### THE PROBLEM
Check the records below line by line, and report how many lines include the string "same". No other words are needed.

::::

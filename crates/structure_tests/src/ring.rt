//! A test of rings by rows of calls. Each row expects the result that Linux's own test of its lists (`lib/list-test.c`) expects of the corresponding
//! call.

ghost use Rattle.std.specs.Prelude.{◌≡◌, ◌<◌, List, [], true};
ghost use Rattle.ic_link_ops.specs.Prelude.{Place, index_of, is_placed, IsAbsent};
ghost use Rattle.ic_ring.specs.Rings.{IsCircle, Represents, InRing};
ghost use Rattle.structure_tests.specs.TwoRings.{TwoRings};

mod calls;
mod connections;
mod rows;

use crate::asserts::assert_true;
use crate::ring::calls::{call_both, call_by_cursor, call_ring, exchange_heads};
use crate::ring::connections::write_served;
use crate::ring::rows::{BOTH_RINGS, BY_CURSOR, LAST, MOVED_BY_CURSOR, ONE_RING, Row, TWO_IN_EACH};
use ic_link_ops::LinkOps as _;
use ic_link_ops::linked_list::{LinkOps, LinkedListOps};
use ic_ring::{Ring, bypass, next, prev, turn_to};
use ic_test_support::answers::{object, value, write_places};
use ic_test_support::notes::{Answer, Text};
use ic_test_support::objects::{TENS, eight_objects, place_at};
use ic_unsafe_ref::Objects;
use std::alloc::Global;
use std::process::Abort;

// Returns a ring with no members, whose head is the place with the index `head`.
fn opened<L: LinkedListOps>(rt: &impl Abort, links: &mut L, head: usize) -> Ring<u64>
    requires few { head < 8 }
    requires covers { (L.table links.old).extent.places ≡ 8 }
    ensures covers { (L.table links.new).extent.places ≡ 8 }
    ensures shown { Represents L.neighbors (L.table links.new) result [] }
    ensures ring { InRing L.neighbors (L.table links.new) result }
    ensures others { (r : List Place) → IsCircle L.neighbors (L.table links.old).entry r
        → IsCircle L.neighbors (L.table links.new).entry r × IsAbsent result r }
{
    let opened: Option<Ring<u64>> = Ring::open(links, place_at(head));
    let ring = opened.expect(rt, "a head that is not linked");
    Ring::from_head(ring.head())
}

// Links the two neighbors of the first member to each other, and then to the first member again. Each time it notes which member is the first.
fn write_bypassed<L: LinkedListOps>(notes: &mut Text, links: &mut L, ring: &Ring<u64>)
    requires { InRing L.neighbors (L.table links.old) ring.now }
{
    let head = ring.head();
    let first = next(&*links, head);
    let before = prev(&*links, first);
    let after = next(&*links, first);
    bypass(links, before, after);
    write_places(notes, &[links.next(head)]);
    turn_to(links, before, first, after);
    write_places(notes, &[links.next(head)]);
}

/// Notes all objects of the ring, from the front on, and then the object at the back.
pub(crate) fn write_members<L: LinkedListOps>(
    notes: &mut Text,
    links: &L,
    objects: &Objects<u64>,
    ring: &Ring<u64>,
)
    requires covers { (L.table links.now).extent.places ≡ 8 }
    requires placed { (q : Place) → index_of q < 8 → is_placed objects.now q ≡ true }
    requires shown { InRing L.neighbors (L.table links.now) ring.now }
{
    for number in ring.iter(links, objects) {
        notes.add(Answer::Number(*number), " ");
    }
    let mut walk = ring.iter(links, objects);
    notes.add(value(walk.next_back()), ", ");
}

// Notes the members of both rings.
fn write_rings<L: LinkedListOps>(
    notes: &mut Text,
    links: &L,
    objects: &Objects<u64>,
    ring: &Ring<u64>,
    other: &Ring<u64>,
)
    requires placed { (q : Place) → index_of q < 8 → is_placed objects.now q ≡ true }
    requires two { TwoRings L.neighbors (L.table links.now) ring.now other.now }
{
    write_members(notes, links, objects, ring);
    write_members(notes, links, objects, other);
}

// Notes whether the ring is empty, its first and its last member, and the places before and after its head.
fn write_ends<L: LinkedListOps>(notes: &mut Text, links: &L, ring: &Ring<u64>)
    requires { InRing L.neighbors (L.table links.now) ring.now }
{
    notes.add(Answer::Truth(ring.is_empty(links)), " ");
    let head = ring.head();
    let beside = [Some(prev(links, head)), Some(next(links, head))];
    write_places(notes, &[ring.first(links), ring.last(links)]);
    write_places(notes, &beside);
}

// Notes whether a cursor at the head is on no member. Then it notes the second member, which a cursor finds by two steps from the head, and the last
// one, which a cursor finds by a step back. At last it notes the object of the second member.
fn write_second<L: LinkedListOps>(
    notes: &mut Text,
    links: &L,
    objects: &Objects<u64>,
    ring: &Ring<u64>,
)
    requires { InRing L.neighbors (L.table links.now) ring.now }
{
    let mut cursor = ring.cursor(links);
    cursor.move_next();
    cursor.move_next();
    let second = cursor.get_ptr();
    let number = value(cursor.get(objects));
    let mut cursor = ring.cursor_at(links, ring.head());
    notes.add(Answer::Truth(cursor.is_null()), " ");
    cursor.move_prev();
    write_places(notes, &[second, cursor.get_ptr()]);
    notes.add(number, " ");
}

// Notes the text that the ring prints.
fn write_printed<L: LinkedListOps>(
    notes: &mut Text,
    links: &L,
    objects: &Objects<u64>,
    ring: &Ring<u64>,
    alloc: Global,
)
    requires covers { (L.table links.now).extent.places ≡ 8 }
    requires placed { (q : Place) → index_of q < 8 → is_placed objects.now q ≡ true }
    requires shown { InRing L.neighbors (L.table links.now) ring.now }
{
    let listing = ring.debug(links, objects);
    if let Ok(text) = format!(in alloc; "{listing:?} ") {
        notes.word(text.as_str());
    }
}

// Makes the calls of the rows on two rings, and fails the test unless each call has the result in its row.
fn play_rows<L: LinkedListOps>(
    rt: &impl Abort,
    alloc: Global,
    links: &mut L,
    objects: &Objects<u64>,
    ring: &Ring<u64>,
    other: &Ring<u64>,
    rows: &[(Row, &str)],
)
    requires placed { (q : Place) → index_of q < 8 → is_placed objects.now q ≡ true }
    requires two { TwoRings L.neighbors (L.table links.old) ring.now other.now }
    ensures two { TwoRings L.neighbors (L.table links.new) ring.now other.now }
{
    for (row, expected) in rows {
        let mut notes = Text::new(alloc);
        let back = match *row {
            Row::Ring(call, index) => call_ring(links, ring, call, index),
            Row::Cursor(call, index) => call_by_cursor(links, ring, other, call, index),
            Row::Both(call, index) => call_both(links, ring, other, call, index),
            Row::Ends => {
                write_ends(&mut notes, &*links, ring);
                None
            }
            Row::Second => {
                write_second(&mut notes, &*links, objects, ring);
                None
            }
        };
        notes.add(object(back), " ");
        write_rings(&mut notes, &*links, objects, ring, other);
        assert_true(rt, notes.has_words(expected));
    }
}

/// Makes the calls of all rows on two new rings. Then the successors of the two heads are exchanged. The first ring is used as the queue of a server's
/// connections, and it is printed. At last the neighbors of its first member are linked to each other.
pub(crate) fn play<L: LinkedListOps>(
    rt: &impl Abort,
    alloc: Global,
    links: &mut L,
    objects: &Objects<u64>,
)
    requires covers { (L.table links.old).extent.places ≡ 8 }
    requires placed { (q : Place) → index_of q < 8 → is_placed objects.now q ≡ true }
{
    let ring = opened(rt, links, 6);
    let other = opened(rt, links, 7);
    for rows in [
        ONE_RING,
        BY_CURSOR,
        TWO_IN_EACH,
        MOVED_BY_CURSOR,
        TWO_IN_EACH,
        BOTH_RINGS,
    ] {
        play_rows(rt, alloc, links, objects, &ring, &other, rows);
    }
    let mut notes = Text::new(alloc);
    exchange_heads(links, &ring, &other);
    write_members(&mut notes, &*links, objects, &ring);
    write_served(&mut notes, links, objects, &ring);
    write_printed(&mut notes, &*links, objects, &ring, alloc);
    write_bypassed(&mut notes, links, &ring);
    assert_true(rt, notes.has_words(LAST));
}

#[test]
fn two_rings_by_rows(rt: HostRuntime) {
    let alloc = rt.alloc();
    let (objects, mut links): (_, LinkOps) = eight_objects(alloc, TENS).expect(&rt, "memory");
    play(&rt, alloc, &mut links, &objects);
}
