// A tree of matches over places: the place with the smallest key, and of these the smallest, is found at its root. A match is decided by ranks:
// the rank of a place is 4,096 times its key and the place, so that one comparison finds the winner, and the rank tells its place.
#![tactic(auto)]

ghost use Rattle.std.specs.Prelude.{◌≡◌, ◌+◌, ◌*◌, ◌<◌, ◌≤◌, set, length};
ghost use Rattle.graph.specs.Graph.{everyone};
ghost use Rattle.graph.specs.Drops.{Least};
ghost use Rattle.picking.specs.Winners.{key_of, node_of, won_of, rank_of, sibling_of, Room, Tree, Beside};

// The node beside a node, below the same node.
fn sibling(k: usize) -> usize
    ensures { result ≡ sibling_of k }
{
    k ^ 1
}

// Where a tree stands in a table, and over how many places: their keys from entry `at` on, then the nodes from 0 on, of which 1 is the root. The
// table is lent beside it: a tree lent by itself would be cut out of the table anew for each call, with what it holds said all the same.
#[derive(Clone, Copy, Debug, PartialEq, Eq)]
pub struct Bracket {
    pub at: usize,
    pub places: usize,
}

impl Bracket {
    // The place that a node holds.
    #[tactic(auto, unfolding(crate::specs::Winners::node_of))]
    fn node(self, work: &[u16], k: usize) -> usize
        requires { self.at + 2 * self.places ≤ length work.now }
        ensures { result ≡ node_of work.now self.at self.places k }
    {
        if k < self.places {
            usize::from(work[self.at + self.places + k])
        } else {
            k - self.places
        }
    }

    // The rank of the place that a node holds.
    fn rank_at(self, work: &[u16], k: usize) -> usize
        requires room { self.at + 2 * self.places ≤ length work.now }
        requires place_in { node_of work.now self.at self.places k < self.places }
        ensures { result ≡ rank_of work.now self.at self.places k }
    {
        let place = self.node(work, k);
        4096 * usize::from(work[self.at + place]) + place
    }

    // The match of a node: the place of the smaller rank below it wins.
    fn play(self, work: &mut [u16], k: usize)
        requires room { Room self.at self.places work.old }
        requires inner { k < self.places }
        requires left_in { node_of work.old self.at self.places (2 * k) < self.places }
        requires right_in { node_of work.old self.at self.places (2 * k + 1) < self.places }
        ensures { work.new ≡ set work.old (self.at + self.places + k) (won_of work.old self.at self.places k) }
    {
        let left = self.rank_at(work, 2 * k);
        let right = self.rank_at(work, 2 * k + 1);
        let rank = left.min(right);
        work[self.at + self.places + k] = (rank % 4096) as u16;
    }

    // The tree over the keys.
    pub fn build(self, work: &mut [u16])
        requires { Room self.at self.places work.old }
        ensures tree { Tree work.new self.at self.places }
        ensures beside { Beside self.at self.places work.old work.new }
    {
        for k in (1..self.places).rev() {
            self.play(work, k);
        }
    }

    // The tree when the key of a place is another: the matches from there up to the root, with the rank of the winner so far.
    pub fn set_key(self, work: &mut [u16], place: usize, key: u16)
        requires tree { Tree work.old self.at self.places }
        requires place_in { place < self.places }
        ensures tree { Tree work.new self.at self.places }
        ensures beside { Beside self.at self.places (set work.old (self.at + place) key) work.new }
    {
        work[self.at + place] = key;
        let mut k = self.places + place;
        let mut rank = 4096 * usize::from(key) + place;
        while 1 < k {
            let other = self.rank_at(work, sibling(k));
            rank = rank.min(other);
            k = k / 2;
            work[self.at + self.places + k] = (rank % 4096) as u16;
        }
    }

    // The tree when the key of a place is not greater than it was: the place rises up to the first match that it loses, and above that nothing changes.
    pub fn lower_key(self, work: &mut [u16], place: usize, key: u16)
        requires tree { Tree work.old self.at self.places }
        requires place_in { place < self.places }
        requires not_greater { key ≤ key_of work.old self.at place }
        ensures tree { Tree work.new self.at self.places }
        ensures beside { Beside self.at self.places (set work.old (self.at + place) key) work.new }
    {
        work[self.at + place] = key;
        let own = 4096 * usize::from(key) + place;
        let mut k = self.places + place;
        while 1 < k {
            if self.rank_at(work, sibling(k)) < own {
                return;
            }
            k = k / 2;
            work[self.at + self.places + k] = place as u16;
        }
    }

    // The place with the smallest key.
    pub fn first_of(self, work: &[u16]) -> usize
        requires { Tree work.now self.at self.places }
        ensures { Least (key_of work.now self.at) everyone self.places result }
    {
        usize::from(work[self.at + self.places + 1])
    }
}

::::

### ANSWER SECTION
2